São eles ilustres ateus ou agnósticos recém-falecidos que, sem mediar qualquer conversão in extremis, nem sinal de vaga fé cristã, são declarados, para efeitos exequiais, retroactivamente católicos.
Depois do 25 de Abril de 1974, surgiram pelo país fora muitos democratas de toda a vida. Pessoas que não só, muito oportunisticamente, aderiram de imediato à nova situação política, como também acharam por bem refazer o seu passado, mais ou menos colaboracionista com o antigo regime. Apesar de não se lhes conhecerem quaisquer méritos oposicionistas, declararam-se retroactivamente antifascistas, com tal veemência que ninguém se atreveu sequer a supor que tivessem sido outra coisa que não impolutos progressistas “desde sempre”.
Também há “católicos retroactivos”: ilustres ateus ou agnósticos recém-falecidos que, sem mediar qualquer conversão in extremis, nem sinal ou leve suspeita da mais vaga fé cristã, são declarados, para efeitos exequiais, retroactivamente católicos. Nestes casos, a “conversão” não é em vida, mas depois do óbito; não é o próprio que a realiza, mas os seus familiares e amigos, que o “convertem” à força, por conveniência social.
A razão desta forçada transformação póstuma de alguns notáveis cadáveres de não-crentes, mais ou menos impenitentes, decorre de uma exigência canónica e de um “must” social. Com efeito, só os fiéis têm direito aos ritos funerários da Santa Madre Igreja e, por isso, se o “ente querido”, embora baptizado, era tudo menos católico, será forçoso reconvertê-lo, com efeitos retroactivos, para que se justifique a respectiva celebração eucarística. A razão social é óbvia: um funeral sem missa é tão desconchavado e sem graça quanto um casamento civil. Por outro lado, as famílias dos defuntos apreciam muito o “evento” piedoso, sobretudo se ocorrer num templo majestoso e com um coro a abrilhantar o acontecimento. Um funeral de excelência, como prometia o slogan de uma agência do ramo.

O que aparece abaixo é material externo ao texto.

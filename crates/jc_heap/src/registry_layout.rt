//! Where the words of an applet stand in the registry: the one place that says it.
ghost use Rattle.std.specs.Prelude.{◌≡◌, ◌<◌};
ghost use Rattle.jc_words.specs.Layout.{most_applets};
ghost use Rattle.jc_heap.specs.RegistryLayout.{entry_start};

/// How many words the registry has for each applet.
const ENTRY_LENGTH: u16 = 3;

/// Of these words, the one with the address of the AID object.
pub const ENTRY_AID: u16 = 0;

/// The one with the number of the package.
pub const ENTRY_PACKAGE: u16 = 1;

/// The one with the address of the instance.
pub const ENTRY_INSTANCE: u16 = 2;

/// The first word of an applet, counted from the registry's first word. The first applet is 0.
#[inline(always)]
pub const fn entry_start(applet: u16) -> u16
    requires { applet < most_applets }
    ensures { result ≡ entry_start applet }
{
    ENTRY_LENGTH * applet
}
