//! Laws of the definitions: the first law of atomicity, and what keeps a heap whole.
ghost use Rattle.jc_heap.specs.HeapLaws.{MigrationsKeepHeaps, KeepsConsistent, LeaveWhatIsComplete};
ghost use Rattle.jc_heap.specs.Component.{ReadsBack};
ghost use Rattle.jc_heap.specs.Heap.{HeapState};
ghost use Rattle.jc_heap.specs.Moves.{KeepsDurable};
ghost use Rattle.jc_heap.specs.Place.{HaveOwnWords};
ghost use Rattle.jc_heap.specs.WholeHeap.{IsConsistent, OwnsCells};

/// While a transaction is open, what a loss of power leaves is the heap as the transaction found it, but for
/// the places that were set for good and that no earlier change of it had touched.
pub fn transactions_keep_what_is_durable()
    ensures { KeepsDurable }
{}

/// A loss of power within moves, when n writes have passed, leaves exactly the heap after those moves that are
/// complete by then. So what is complete stays, wherever a later move is cut.
pub fn losses_leave_what_is_complete()
    ensures { LeaveWhatIsComplete }
{}

/// A heap in which nothing stands is whole, and whatever moves follow leave it whole, now and after a loss of
/// power within them, where arrays of references get references and what is added finds its place.
pub fn changes_keep_a_heap_whole()
    ensures { KeepsConsistent }
{}

/// In a whole heap each transient object has cells of its own.
pub fn transient_objects_own_their_cells()
    ensures { (h : HeapState) → IsConsistent h → OwnsCells h }
{}

/// No two places of a heap have one word, so a change of one is no change of another.
pub fn places_have_words_of_their_own()
    ensures { HaveOwnWords }
{}

/// From the record that `add_package` writes each component is read as it was given, byte by byte, and no other
/// one.
pub fn components_are_read_back()
    ensures { ReadsBack }
{}

/// However many writes of an image's migration pass, its words stand for the heap that they stood for.
pub fn migrations_keep_heaps()
    ensures { MigrationsKeepHeaps }
{}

Não será difícil arranjar quem, na liturgia, pondo de lado a Deus, que para ali não é chamado, faça a homenagem do “irmão não crente”. Mesmo quando se trata de alguém publicamente conhecido pela sua atitude irreligiosa e anticristã, o orador ilusionista encontrará misteriosas manifestações da mais sublime espiritualidade. Se o extinto tiver sido um homem das letras, até se poderá ter a deferência de substituir o salmo, ou uma leitura bíblica, que afinal é apenas palavra de Deus, por um muito mais belo e oportuno texto do falecido. Se for músico, toca-se uma sua composição, ainda que seja muito a despropósito. Se tiver pertencido a uma fraternidade anticlerical, mesmo que nos mais altos graus, a homilia versará sobre as qualidades cívicas do “homem bom”, exaltado como santo laico de uma sociedade ateia. Era empedernido marxista-leninista-estalinista-maoísta? Não importa, porque na cerimónia sublinhar-se-á o seu empenho pela justiça social, que pregava com o entusiasmo e a generosidade de um verdadeiro apóstolo.

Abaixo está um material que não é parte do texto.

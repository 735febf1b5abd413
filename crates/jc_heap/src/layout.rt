//! What an object's header says, and where; and where the ends of the areas stand.
ghost use Rattle.std.specs.Prelude.{◌≡◌};
ghost use Rattle.jc_heap.specs.Heap.{area_end_address};

use jc_transient::ClearEvent;
use jc_words::layout::{DESELECT_END, RESET_END};

/// How many words an object's header has.
pub const HEADER: u16 = 4;

/// How many words a transient object takes: its header, and the place of its first cell.
pub const TRANSIENT: u16 = HEADER + 1;

/// The word of a header with the number of cells.
pub const LENGTH: u16 = 3;

/// The first word of the header of a persistent array of references.
pub const REFERENCES: u16 = 5;

/// The word with the number of cells that the objects of each event can have; 0 says as many as are usual.
pub const CELLS_WORD: u16 = 13;

/// The word with the number of cells of the APDU buffer; 0 says as many as are usual.
pub const BUFFER_WORD: u16 = 14;

/// The word with the end of an event's area.
pub fn area_word(event: ClearEvent) -> u16
    ensures { result ≡ area_end_address event }
{
    match event {
        ClearEvent::Reset => RESET_END,
        ClearEvent::Deselect => DESELECT_END,
    }
}
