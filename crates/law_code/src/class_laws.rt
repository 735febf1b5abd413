//! Laws of the definitions of classes.
ghost use Rattle.law_code.specs.ClassLaws.{HaveAids, HaveCells, HaveClasses, HaveFields, HaveReceivers};

/// Among packages that were linked, each onto those before it, an instance of a class of the platform, or of
/// one below it, has that class's cells first, which hold references or numbers as there.
pub fn instances_have_the_cells_of_the_platform()
    ensures { HaveCells }
{}

/// Among packages that were linked, each onto those before it, a field that an entry names is, in instances of
/// its class and of those below, a cell of the kind that the entry says, and none that a class of the platform
/// has.
pub fn fields_are_cells_of_their_kind()
    ensures { HaveFields }
{}

/// Among packages that were linked, each onto those before it, a method of the platform is reached by instances
/// of its class alone: by token, and by an entry that names it as a static one.
pub fn methods_of_the_platform_are_reached_by_their_classes()
    ensures { HaveReceivers }
{}

/// Among packages that were linked, each onto those before it, all this is so, and a class or an interface that
/// an entry names is there.
pub fn linked_packages_know_their_classes()
    ensures { HaveClasses }
{}

/// Among packages that were linked, each onto those before it, whose applets are those of Applet components,
/// the AID of each applet is one: 5 to 16 bytes.
pub fn applets_of_linked_packages_have_aids()
    ensures { HaveAids }
{}
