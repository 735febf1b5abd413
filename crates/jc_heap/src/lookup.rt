//! Reading objects of the words of a journal.
ghost use Rattle.std.specs.Prelude.{◌≡◌, ◌<◌, ◌≤◌, ◌+◌, ◌/◌, ◌==◌, ◌↔◌, IsTrue, if◌then◌else◌, None, IfSome, length, slice_index};
ghost use Rattle.jc_words.specs.Layout.{text_start};
ghost use Rattle.jc_heap.specs.declared.object.Kind.TheVariants.{Instance};
ghost use Rattle.jc_heap.specs.Object.{header_size};
ghost use Rattle.jc_heap.specs.Image.{IsWellFormed};
ghost use Rattle.jc_heap.specs.Heap.{heap_of, cells, facts, IsObject, next_object};

use crate::layout::{HEADER, LENGTH};
use crate::object::{Facts, Kind, event_of_number, is_packed_header};
use crate::walk::first_object;
use jc_commit::Journal;
use jc_transient::Ref;
use jc_words::WordStore;
use jc_words::layout::{TEXT_LENGTH, TEXT_START};

// The first word of the header of a persistent instance.
const PERSISTENT_INSTANCE: u16 = 1;

// The word after a transient object's header, 0 where there is none.
#[inline(always)]
fn area_place<S: WordStore>(journal: &Journal<S>, at: u16, word: u16) -> u16
    requires behind { text_start ≤ at }
    requires there { (word / 256 ≡ 0 → ⊥) → at + header_size < length journal.now.plain }
    requires small { length journal.now.plain < 65536 }
    ensures { result ≡ (if word / 256 == 0 then 0 else slice_index journal.now.plain
        (at + header_size)) }
{
    if word / 256 == 0 {
        return 0;
    }
    journal.read_at(at as usize + HEADER as usize)
}

/// What the header of an object says.
#[inline(always)]
pub fn facts_at<S: WordStore>(journal: &Journal<S>, object: Ref) -> Facts
    requires laid { IsWellFormed journal.now.plain }
    requires small { length journal.now.plain < 65536 }
    requires there { IsObject (heap_of journal.now.plain) object }
    ensures facts { result ≡ facts (heap_of journal.now.plain) object }
    ensures cells { result.event ≡ None → length (cells (heap_of journal.now.plain) object)
        ≡ result.length }
{
    let at = object.address();
    let word = journal.read(at);
    let place = area_place(journal, at, word);
    let first = at as usize;
    Facts {
        kind: Kind::of(word % 256),
        event: event_of_number(word / 256),
        class: journal.read_at(first + 1),
        owner: journal.read_at(first + 2),
        length: journal.read_at(first + LENGTH as usize),
        place,
        packed: is_packed_header(word),
    }
}

/// Whether an object is persistent and no array: its header begins with this word alone.
#[inline(always)]
pub fn is_persistent_instance<S: WordStore>(journal: &Journal<S>, object: Ref) -> bool
    requires laid { IsWellFormed journal.now.plain }
    requires small { length journal.now.plain < 65536 }
    requires there { IsObject (heap_of journal.now.plain) object }
    ensures { IsTrue result ↔ (((facts (heap_of journal.now.plain) object).event ≡ None)
        × ((facts (heap_of journal.now.plain) object).kind ≡ Instance)) }
{
    journal.read(object.address()) == PERSISTENT_INSTANCE
}

/// The object after another one in the order of addresses, or the first one of all after null.
pub fn next_behind<S: WordStore>(journal: &Journal<S>, object: Ref) -> Option<Ref>
    requires laid { IsWellFormed journal.now.plain }
    requires small { length journal.now.plain < 65536 }
    requires there { (object ≡ 0 → ⊥) → IsObject (heap_of journal.now.plain) object }
    ensures next { result ≡ next_object (heap_of journal.now.plain) object }
    ensures object { IfSome result (λ q. IsObject (heap_of journal.now.plain) q) }
{
    if object.is_null() {
        let text = u32::from(journal.read(TEXT_LENGTH));
        let from = TEXT_START + (text + 1) / 2;
        return first_object(journal, from as u16, 0);
    }
    let at = object.address();
    first_object(journal, at, at)
}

Note-se que nunca é de bom tom referir a ultramontana hipótese da condenação, nem pedir – seria um insulto à memória do falecido! – orações de sufrágio pela sua alma. A bem dizer, não se trata de rezar, mas de canonizar, expeditamente, o “católico retroactivo”. Por isso também, qualquer advertência moral ou chamada à conversão será pudicamente silenciada, a contento dos participantes, que terão depois a amabilidade de agradecer a tão “bonita” quanto inócua celebração. E tudo se conclui, como em qualquer espectáculo, com uma estrondosa e sentida ovação.
Aconteceu para lá do Marão, onde mandam os que lá estão, segundo reza a tradição. Um velho pároco, pré-conciliar, foi oficiar uma missa de corpo presente e, como é da praxe, referiu-se ao extinto:
- Temos aqui este nosso irmão …
Mas, lembrando-se então de que nunca antes o tinha visto na igreja, atalhou o sermão com uma constatação nua e crua como o granito da região:
- … temo-lo aqui porque o trouxeram, porque ele nunca cá pôs os pés!

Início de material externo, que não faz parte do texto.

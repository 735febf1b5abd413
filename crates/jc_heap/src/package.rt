//! What a package is made from, and how many words it takes.
ghost use Rattle.std.specs.Prelude.{◌≡◌, ◌<◌, length};
ghost use Rattle.jc_heap.specs.Package.{parts, array_init, array_inits, elements, components_words, arrays_size, AreComponents};
ghost use Rattle.jc_heap.specs.Package.{AreArrays, record_size, image_size};

use crate::layout::HEADER;
use crate::object::Kind;
use crate::packed::packed_size;

/// A component of a package.
#[derive(Clone, Copy)]
pub struct RecordComponent<'a> {
    /// 1 to 8, or 10.
    pub tag: u8,
    /// What stands after the component's tag and size.
    pub info: &'a [u8],
}

/// An initialised array of a package's static image.
#[derive(Clone, Copy)]
pub struct StaticArray<'a> {
    /// A boolean, byte or short array.
    pub kind: Kind,
    /// The elements: two bytes each of a short array, the high one first.
    pub values: &'a [u8],
}

// The number of an array's cells.
pub(crate) fn cell_count(array: &StaticArray) -> usize
    ensures { result ≡ length (elements (array_init array.now)) }
{
    match array.kind {
        Kind::BooleanArray | Kind::ByteArray => array.values.len(),
        _ => packed_size(array.values),
    }
}

// How many words components take in a record.
fn components_size(components: &[RecordComponent]) -> u32
    requires { AreComponents (parts components.now) }
    ensures exact { result ≡ length (components_words (parts components.now)) }
    ensures small { result < 1_000_000 }
{
    let mut size = 0;
    for component in components {
        size += 2 + packed_size(component.info) as u32;
    }
    size
}

// How many words arrays take.
pub(crate) fn size_of_arrays(arrays: &[StaticArray]) -> u32
    requires arrays { AreArrays (array_inits arrays.now) }
    requires few { length arrays.now < 32768 }
    ensures exact { result ≡ arrays_size (array_inits arrays.now) }
    ensures small { result < 2_500_000_000 }
{
    let mut size = 0;
    for array in arrays {
        size += u32::from(HEADER) + packed_size(array.values) as u32;
    }
    size
}

// How many words a package's record has.
pub(crate) fn size_of_record(
    components: &[RecordComponent],
    arrays: &[StaticArray],
    image: &[u8],
) -> u32
    requires components { AreComponents (parts components.now) }
    requires image { image_size (array_inits arrays.now) image.now < 65536 }
    ensures exact { result ≡ record_size (parts components.now) (array_inits arrays.now) image.now }
    ensures small { result < 1_500_000 }
{
    let statics = arrays.len() + packed_size(image);
    components_size(components) + statics as u32 + 2
}
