//! The words of a package above the top: its record and its initialised arrays.
ghost use Rattle.std.specs.Prelude.{ℕ, ◌≡◌, ◌<◌, ◌+◌, length, slice_index, OnOk, OnErr, IfOk};
ghost use Rattle.jc_heap.specs.Fresh.{IsFree, KeepsBelow, Fills, IsTornFresh};
ghost use Rattle.jc_heap.specs.Package.{part, parts, array_init, array_inits, AreArrays, AreArraysOfBytes, component_words, components_words, array_addresses, arrays_size};
ghost use Rattle.jc_heap.specs.Package.{image_words, record_size, package_record, AreComponents, array_words, arrays_words};
ghost use Rattle.jc_heap.specs.Packed.{packed_words};

use crate::fresh::write_run;
use crate::layout::HEADER;
use crate::package::{RecordComponent, StaticArray, cell_count};
use crate::packed::{packed_size, packed_word};
use jc_commit::Journal;
use jc_transient::{NO_CLASS, OwnerWord};
use jc_words::{StoreDown, WordStore};

// Writes bytes from an address on, two a word.
fn write_packed<S: WordStore>(
    journal: &mut Journal<S>,
    at: u16,
    bytes: &[u8],
) -> Result<(), StoreDown>
    requires { IsFree at (length (packed_words bytes.now)) journal.old }
    ensures below { KeepsBelow at journal.old journal.new }
    ensures done { OnOk result (Fills at (packed_words bytes.now) journal.old journal.new) }
    ensures bytes { OnOk result ((i : ℕ) → slice_index bytes.now i < 256) }
    ensures stopped { OnErr result (IsTornFresh (length (packed_words bytes.now)) journal.old journal.new) }
{
    for k in 0..packed_size(bytes) {
        journal.write_fresh(at + k as u16, packed_word(bytes, k as u16))?;
    }
    Ok(())
}

// Writes a component: its tag, its size, its info.
fn write_component<S: WordStore>(
    journal: &mut Journal<S>,
    at: u16,
    component: &RecordComponent,
) -> Result<(), StoreDown>
    requires free { IsFree at (length (component_words (part component.now))) journal.old }
    requires small { length component.now.info.now < 65536 }
    ensures below { KeepsBelow at journal.old journal.new }
    ensures done { OnOk result (Fills at (component_words (part component.now)) journal.old
        journal.new) }
    ensures stopped { OnErr result (IsTornFresh (length (component_words (part component.now))) journal.old journal.new) }
{
    let info = component.info;
    write_run(journal, at, &[u16::from(component.tag), info.len() as u16])?;
    write_packed(journal, at + 2, info)?;
    Ok(())
}

// Writes components one after another, and gives the address after them.
fn write_components<S: WordStore>(
    journal: &mut Journal<S>,
    at: u16,
    components: &[RecordComponent],
) -> Result<u16, StoreDown>
    requires free { IsFree at (length (components_words (parts components.now))) journal.old }
    requires small { AreComponents (parts components.now) }
    ensures behind { IfOk result (λ next. next ≡ at + length
        (components_words (parts components.now))) }
    ensures below { KeepsBelow at journal.old journal.new }
    ensures done { OnOk result (Fills at (components_words (parts components.now)) journal.old
        journal.new) }
    ensures stopped { OnErr result (IsTornFresh (length (components_words (parts components.now))) journal.old journal.new) }
{
    let mut next = at;
    for component in components {
        write_component(journal, next, component)?;
        next += 2 + packed_size(component.info) as u16;
    }
    Ok(next)
}

// Writes the addresses of arrays, the first of which begins at an address.
fn write_references<S: WordStore>(
    journal: &mut Journal<S>,
    at: u16,
    arrays: &[StaticArray],
    first: u16,
) -> Result<(), StoreDown>
    requires free { IsFree at (length arrays.now) journal.old }
    requires small { first + arrays_size (array_inits arrays.now) < 65536 }
    ensures below { KeepsBelow at journal.old journal.new }
    ensures done { OnOk result (Fills at (array_addresses first (array_inits arrays.now))
        journal.old journal.new) }
    ensures stopped { OnErr result (IsTornFresh (length arrays.now) journal.old journal.new) }
{
    let mut address = first;
    for (k, array) in arrays.iter().enumerate() {
        journal.write_fresh(at + k as u16, address)?;
        address += HEADER + packed_size(array.values) as u16;
    }
    Ok(())
}

// Writes a static image: references to the arrays, then the other bytes.
fn write_static_image<S: WordStore>(
    journal: &mut Journal<S>,
    at: u16,
    arrays: &[StaticArray],
    first: u16,
    image: &[u8],
) -> Result<(), StoreDown>
    requires free { IsFree at (length arrays.now + length (packed_words image.now)) journal.old }
    requires small { first + arrays_size (array_inits arrays.now) < 65536 }
    ensures below { KeepsBelow at journal.old journal.new }
    ensures done { OnOk result (Fills at (image_words first (array_inits arrays.now) image.now)
        journal.old journal.new) }
    ensures stopped { OnErr result (IsTornFresh (length arrays.now + length (packed_words image.now)) journal.old journal.new) }
{
    write_references(journal, at, arrays, first)?;
    write_packed(journal, at + arrays.len() as u16, image)?;
    Ok(())
}

// Writes an initialised array: its header, its cells.
fn write_array<S: WordStore>(
    journal: &mut Journal<S>,
    at: u16,
    array: &StaticArray,
    owner: OwnerWord,
) -> Result<(), StoreDown>
    requires free { IsFree at (length (array_words owner (array_init array.now))) journal.old }
    requires small { length array.now.values.now < 65536 }
    ensures below { KeepsBelow at journal.old journal.new }
    ensures done { OnOk result (Fills at (array_words owner (array_init array.now)) journal.old
        journal.new) }
    ensures bytes { OnOk result ((i : ℕ) → slice_index (array_init array.now).1 i < 256) }
    ensures stopped { OnErr result (IsTornFresh (length (array_words owner (array_init array.now))) journal.old journal.new) }
{
    let cells = cell_count(array) as u16;
    write_run(
        journal,
        at,
        &[array.kind.header_number(), NO_CLASS.0, owner.0, cells],
    )?;
    write_packed(journal, at + HEADER, array.values)?;
    Ok(())
}

// Writes initialised arrays one after another.
pub(crate) fn write_arrays<S: WordStore>(
    journal: &mut Journal<S>,
    at: u16,
    arrays: &[StaticArray],
    owner: OwnerWord,
) -> Result<(), StoreDown>
    requires free { IsFree at (length (arrays_words owner (array_inits arrays.now))) journal.old }
    requires arrays { AreArrays (array_inits arrays.now) }
    ensures below { KeepsBelow at journal.old journal.new }
    ensures done { OnOk result (Fills at (arrays_words owner (array_inits arrays.now)) journal.old
        journal.new) }
    ensures bytes { OnOk result (AreArraysOfBytes (array_inits arrays.now)) }
    ensures stopped { OnErr result (IsTornFresh (length (arrays_words owner (array_inits arrays.now))) journal.old journal.new) }
{
    let mut next = at;
    for array in arrays {
        write_array(journal, next, array, owner)?;
        next += HEADER + packed_size(array.values) as u16;
    }
    Ok(())
}

// Writes a package's record, of n words.
pub(crate) fn write_package_record<S: WordStore>(
    journal: &mut Journal<S>,
    at: u16,
    size: u16,
    components: &[RecordComponent],
    arrays: &[StaticArray],
    image: &[u8],
) -> Result<(), StoreDown>
    requires free { IsFree at size journal.old }
    requires size { size ≡ record_size (parts components.now) (array_inits arrays.now) image.now }
    requires components { AreComponents (parts components.now) }
    requires behind { at + size + arrays_size (array_inits arrays.now) < 65536 }
    ensures below { KeepsBelow at journal.old journal.new }
    ensures done { OnOk result (Fills at (package_record at (parts components.now)
        (array_inits arrays.now) image.now) journal.old journal.new) }
    ensures stopped { OnErr result (IsTornFresh size journal.old journal.new) }
{
    write_run(journal, at, &[size])?;
    let next = write_components(journal, at + 1, components)?;
    write_run(journal, next, &[0])?;
    write_static_image(journal, next + 1, arrays, at + size, image)?;
    Ok(())
}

Talvez ao rude prior transmontano faltasse alguma sensibilidade pastoral, mas não a coerência na fé que, pelo contrário, escasseia em algumas celebrações, em que parece abundar uma certa mundanidade eclesial.
Graças a Deus, a Igreja está sempre de braços abertos para acolher os pecadores arrependidos. Há muitos incrédulos que se convertem à hora da morte e para todos os homens, sem excepção, há esperança de salvação. Mas, das ladainhas aos “católicos retroactivos”, libera nos Domine!